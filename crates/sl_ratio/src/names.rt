//! Lists of names, each of which has the number of its place.

ghost use Rattle.std.specs.Prelude.{◌≡◌, ◌≢◌, ℕ, ◌<◌, ◌≤◌, ◌↔◌, IsTrue, [], ◌∷◌, ◌++◌, length, slice_get, Some, None, OnOk, IfOk, OnErr, IfErr, IfSome};
ghost use Rattle.sl_base_quotients.specs.Names.{NameList, IsNameList, Refuses, is_name, name_fault, number_of};

use indexmap::IndexSet;
use sl_base_quotients::{NameFault, spelling_fault};
use std::alloc::{AllocError, Global};
use std::marker::Model;

// So many names have room from the first on, if there may be so many: an index that grows is made again each time.
const FIRST_ROOM: usize = 512;

/// A list of names, each once, at most as many as its limit. A name is found by its bytes, and its number is its place.
#[derive(Drop)]
pub struct Names {
    limit: usize,
    names: IndexSet<Vec<u8>>,
    alloc: Global,
}

impl Model for Names {
    ghost use Rattle.std.specs.Prelude.{map};
    ghost use Rattle.sl_base_quotients.specs.Names.{NameList, IsNameList};

    ghost Value = { NameList };

    ghost view = { λ s. record { limit = s.limit; names = map (λ name. name.items) s.names.keys } };

    ghost invariant = { λ s. IsNameList (record { limit = s.limit; names = map (λ name. name.items) s.names.keys }) };
}

impl Names {
    /// No names, with room for at most `limit` of them. Takes no memory.
    pub fn new(alloc: Global, limit: usize) -> Names
        ensures { result ≡ record { limit = limit; names = [] } }
    {
        Names {
            limit,
            names: IndexSet::new(alloc),
            alloc,
        }
    }

    /// Adds a name, and answers its number.
    ///
    /// # Errors
    ///
    /// The first of the faults, in their order, that applies. The list is then unchanged.
    pub fn add(&mut self, name: &[u8]) -> Result<usize, NameFault>
        ensures accepted { OnOk result (name_fault self.old name.now ≡ None) }
        ensures number { IfOk result (λ number. number ≡ length self.old.names) }
        ensures added { OnOk result (self.new ≡ record self.old { names = self.old.names ++ name.now ∷ [] }) }
        ensures refused { IfErr result (Refuses self.old name.now) }
        ensures unchanged { OnErr result (self.new ≡ self.old) }
    {
        if let Some(fault) = self.fault(name) {
            return Err(fault);
        }
        let number = self.names.len();
        if self.make_room().is_err() {
            return Err(NameFault::NoMemory);
        }
        let Ok(kept) = Vec::from_slice(self.alloc, name) else {
            return Err(NameFault::NoMemory);
        };
        let Ok(_) = self.names.insert(kept) else {
            return Err(NameFault::NoMemory);
        };
        Ok(number)
    }

    // Makes room for the first names.
    fn make_room(&mut self) -> Result<(), AllocError>
        ensures { self.new ≡ self.old }
    {
        if self.names.is_empty() {
            self.names.reserve(self.limit.min(FIRST_ROOM))?;
        }
        Ok(())
    }

    // Why the name can't be added.
    fn fault(&self, name: &[u8]) -> Option<NameFault>
        ensures { result ≡ name_fault self.now name.now }
    {
        if let Some(fault) = spelling_fault(name) {
            Some(fault)
        } else if self.names.contains(name) {
            Some(NameFault::Twice)
        } else if self.names.len() >= self.limit {
            Some(NameFault::Full)
        } else {
            None
        }
    }

    /// The number of a name, or `None` where the list lacks it.
    pub fn find(&self, name: &[u8]) -> Option<usize>
        ensures number { result ≡ number_of self.now name.now }
        ensures within { IfSome result (λ number. number < length self.now.names) }
        ensures stands { IfSome result (λ number. slice_get self.now.names number ≡ Some name.now) }
        ensures lacks { result ≡ None → (number : ℕ) → slice_get self.now.names number ≢ Some name.now }
    {
        self.names.get_index_of(name)
    }

    /// The name with a number.
    pub fn name(&self, number: usize) -> &[u8]
        requires { number < length self.now.names }
        ensures name { slice_get self.now.names number ≡ Some result.now }
        ensures spelled { IsTrue (is_name result.now) }
    {
        &self.names[number]
    }

    /// The number of names.
    pub fn len(&self) -> usize
        ensures value { result ≡ length self.now.names }
        ensures within { result ≤ self.now.limit }
        ensures kept { IsNameList self.now }
    {
        self.names.len()
    }

    /// Whether there are no names.
    pub fn is_empty(&self) -> bool
        ensures { IsTrue result ↔ (self.now.names ≡ []) }
    {
        self.names.is_empty()
    }
}
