//! The bounds of an allocation: the least quotient of an awarded seat, and the greatest of a next one.

ghost use Rattle.std.specs.Prelude.{◌≡◌, ◌-◌, ◌*◌, ◌<◌, ◌≤◌, Some, length, sum, MatchOption};
ghost use Rattle.std.specs.List.{All};
ghost use Rattle.sl_base_quotients.specs.Bounds.{AreBounds, IsRounding, IsLastBound, IsNextBound};
ghost use Rattle.sl_base_quotients.specs.Quotient.{quotient};
ghost use Rattle.sl_ratio.specs.inner.Picks.{lesser, greater};

use sl_base_quotients::{Divisor, MAX_SEATS, MAX_WEIGHT, Ratio};

// The lesser of two quotients, the one found before where they are equal.
fn lesser(found: Option<Ratio>, quotient: Ratio) -> Ratio
    ensures { result ≡ lesser found quotient }
{
    match found {
        Some(least) if least.cmp(&quotient).is_le() => least,
        _ => quotient,
    }
}

// The greater of two quotients, the one found before where they are equal.
fn greater(found: Option<Ratio>, quotient: Ratio) -> Ratio
    ensures { result ≡ greater found quotient }
{
    match found {
        Some(greatest) if greatest.cmp(&quotient).is_ge() => greatest,
        _ => quotient,
    }
}

// The least quotient found after an entry more, which counts with its last seat, if it has one.
fn last_with(method: Divisor, found: Option<Ratio>, weight: u64, held: u32) -> Option<Ratio>
    requires positive { 1 ≤ weight }
    requires weight { weight ≤ MAX_WEIGHT }
    requires held { held ≤ MAX_SEATS }
    ensures awarded { 0 < held → result ≡ Some (lesser found (quotient method weight (held - 1))) }
    ensures passed { held ≡ 0 → result ≡ found }
{
    if held == 0 {
        return found;
    }
    Some(lesser(found, method.ratio(weight, held - 1)))
}

// The least quotient of an awarded seat, or `None` where there is no such seat.
fn last_bound(method: Divisor, weights: &[u64], seats: &[u32]) -> Option<Ratio>
    requires same_length { length seats.now ≡ length weights.now }
    requires positive { All (λ v. 1 ≤ v) weights.now }
    requires weights { All (λ v. v ≤ MAX_WEIGHT) weights.now }
    requires seats { All (λ s. s ≤ MAX_SEATS) seats.now }
    ensures { MatchOption result (All (λ s. s ≡ 0) seats.now) (IsLastBound method weights.now seats.now) }
{
    let mut last = None;
    for (weight, held) in weights.iter().zip(seats) {
        last = last_with(method, last, *weight, *held);
    }
    last
}

// The greatest quotient of a next seat, or `None` where there are no entries.
fn next_bound(method: Divisor, weights: &[u64], seats: &[u32]) -> Option<Ratio>
    requires same_length { length seats.now ≡ length weights.now }
    requires positive { All (λ v. 1 ≤ v) weights.now }
    requires weights { All (λ v. v ≤ MAX_WEIGHT) weights.now }
    requires seats { All (λ s. s ≤ MAX_SEATS) seats.now }
    ensures { MatchOption result (length weights.now ≡ 0) (IsNextBound method weights.now seats.now) }
{
    let mut next = None;
    for (weight, held) in weights.iter().zip(seats) {
        next = Some(greater(next, method.ratio(*weight, *held)));
    }
    next
}

/// The bounds `last` and `next` of an allocation without minima: the least quotient of an awarded seat, and the greatest quotient of a
/// next one, or `None` where `next` is above `last`, so that these seats are no allocation by the method.
///
/// Of equal quotients the ratio is that of the first entry. The method rounds: it is that of Adams, Webster or Jefferson.
pub fn bounds(method: Divisor, weights: &[u64], seats: &[u32]) -> Option<(Ratio, Ratio)>
    requires rounding { IsRounding method }
    requires same_length { length seats.now ≡ length weights.now }
    requires positive { All (λ v. 1 ≤ v) weights.now }
    requires weights { All (λ v. v ≤ MAX_WEIGHT) weights.now }
    requires seats { All (λ s. s ≤ MAX_SEATS) seats.now }
    requires awarded { 0 < sum seats.now }
    ensures { AreBounds method weights.now seats.now result }
{
    let last = last_bound(method, weights, seats)?;
    let next = next_bound(method, weights, seats)?;
    next.cmp(&last).is_le().then_some((last, next))
}
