// The C interface of the pages, as include/ism_page.h declares it; the crate ism_page_c exports it. Each function hands
// its arguments to the library and its answer back: nothing is computed here.
#![tactic(auto)]

ghost use Rattle.std.specs.Prelude.{◌≡◌, length};
ghost use Rattle.page.specs.Reading.{read_answer, read_output, handed_back};
ghost use Rattle.page.specs.Making.{made_answer, make_answer, make_output};
ghost use Rattle.ism_page.specs.Answers.{given_set};

use page::Pages;
use refusal::Refusal;
use sets::SetSize;

// Number 0 for accepted. What a function does not give is 0.
#[repr(C)]
#[derive(Clone, Copy)]
pub struct IsmAnswer {
    pub number: u32,
    pub place: u32,
    pub count: u64,
    pub used: u64,
    pub holds: u32,
    pub clearance: u32,
}

impl From<Result<SetSize, Refusal>> for IsmAnswer {
    ghost from_gives = { λ made answer. answer ≡ given_set (made_answer made) };

    fn from(made: Result<SetSize, Refusal>) -> IsmAnswer {
        match made {
            Ok(SetSize { count, bytes }) => IsmAnswer {
                number: 0,
                place: 0,
                count: count as u64,
                used: bytes as u64,
                holds: 0,
                clearance: 0,
            },
            Err(refusal) => IsmAnswer {
                number: refusal.number(),
                place: refusal.place(),
                count: 0,
                used: 0,
                holds: 0,
                clearance: 0,
            },
        }
    }
}

pub fn ism_read_pages(set: &[u8], pages: u64, cells: &mut [u8]) -> Pages
    ensures answer { result ≡ handed_back (read_answer set.now pages (length cells.old)) }
    ensures cells { cells.new ≡ read_output set.now pages cells.old }
{
    page::read_pages(set, pages as usize, cells)
}

pub fn ism_make_pages(cells: &[u8], pages: u64, set: &mut [u8]) -> IsmAnswer
    ensures answer { result ≡ given_set (make_answer cells.now pages (length set.old)) }
    ensures set { set.new ≡ make_output cells.now pages set.old }
{
    let made = page::make_pages(cells, pages as usize, set);
    IsmAnswer::from(made)
}

// Its name is what counts: a program asks the linker for the interface that it was compiled against.
pub fn ism_page_interface_9() -> u32
    ensures { result ≡ 9 }
{
    9
}
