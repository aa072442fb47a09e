// The listing program: an image on standard input, a line for each file that is not empty on standard output.
#![tactic(auto)]

ghost use Rattle.std.specs.Prelude.{◌≤◌, length, IfOk};

use inventory::FileLine;
use state::types::Refusal;
use std::io;
use std::io::Read;

fn print_line(rt: &impl Print, id: usize, line: &FileLine) -> io::Result<()> {
    let FileLine {
        first,
        last,
        flags,
        pages,
    } = *line;
    println!(rt; "file {id} first {first} last {last} flags {flags} pages {pages}")
}

// An empty file has no line.
fn print_files(rt: &impl Print, lines: [Option<FileLine>; 8]) -> io::Result<()> {
    let count = lines.iter().filter(|line| line.is_some()).count();
    println!(rt; "files {count}")?;
    for (id, line) in lines.iter().enumerate() {
        if let Some(line) = line {
            print_line(rt, id, line)?;
        }
    }
    Ok(())
}

fn print_inventory(
    rt: &impl Print,
    inventory: Result<[Option<FileLine>; 8], Refusal>,
) -> io::Result<()> {
    match inventory {
        Ok(lines) => print_files(rt, lines),
        Err(why) => {
            let refused = u8::from(why);
            println!(rt; "refused {refused}")
        }
    }
}

// Fills buf as far as the input goes, and answers how many bytes came. `read_to_end` would allocate, and read on after an interruption.
fn read_full<R: Read>(input: &mut R, buf: &mut [u8]) -> io::Result<usize>
    ensures { IfOk result (λ n. n ≤ length buf.new) }
{
    let mut done = 0;
    while done < buf.len() {
        let n = input.read(&mut buf[done..])?;
        if n == 0 {
            break;
        }
        done += n;
    }
    Ok(done)
}

// Reads once more, and answers whether something came.
fn read_some<R: Read>(input: &mut R) -> io::Result<bool> {
    let mut rest = [0; 4096];
    let n = input.read(&mut rest)?;
    Ok(0 < n)
}

// A longer input is read to its end, so that whoever writes it is not cut off. A proved loop has to end: no run uses the turns up.
fn drain<R: Read>(input: &mut R) -> io::Result<()> {
    for _ in 0..u64::MAX {
        if !read_some(input)? {
            break;
        }
    }
    Ok(())
}

// One byte more than the largest image.
const ROOM: usize = 65537;

fn main(rt: HostRuntime) -> io::Result<()> {
    let mut image = [0; ROOM];
    let mut input = rt.stdin();
    let n = read_full(&mut input, &mut image)?;
    if n == ROOM {
        drain(&mut input)?;
    }
    print_inventory(&rt, inventory::list_image(&image[..n]))
}
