fn look_parts<'a>(
    alloc: Global,
    uses: Uses<'a>,
    left: &mut Vec<Work<'a>>,
    weighed: &mut Weighed,
    at: &'a Place<'a>,
    parts: &'a [Part],
) -> Result<(), AllocError>
    ensures { OnOk result (IsStep (around uses.entry)
        (after_parts (around uses.entry at.now) (parts_of (map part_view parts.now))) left.old.items left.new.items weighed.old.built weighed.new.built) }
{
    match parts {
        [] => Ok(()),
        [first, others @ ..] => match first {
            Part::Word(word) => {
                put_word(alloc, weighed, word.as_slice())?;
                put_off_one(left, Work::Parts(at, others))
            }
            Part::Value(value) => put_off_first(
                left,
                Work::Parts(at, others),
                Close::Part,
                Work::Value(at, value),
            ),
        },
    }
}

fn look_stmts<'a>(
    left: &mut Vec<Work<'a>>,
    at: &'a Place<'a>,
    stmts: &'a [Stmt],
) -> Result<(), AllocError>
    ensures { OnOk result (IsPutOff at.now (λ a. after_stmts a (stmts_of (map stmt_view stmts.now))) left.old.items left.new.items) }
{
    match stmts {
        [] => Ok(()),
        [first, others @ ..] => put_off_both(left, Work::Stmts(at, others), Work::Stmt(at, first)),
    }
}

_ _ _ _ _ _ _

*PROBLEM DESCRIPTION*: Could you filter the entries above for lines holding the string "AllocError" and copy them?

*WRITTEN ANSWER*:
use std::alloc::{AllocError, Global};
    fn make_room(&mut self) -> Result<(), AllocError>
) -> Result<(), AllocError>
) -> Result<(), AllocError>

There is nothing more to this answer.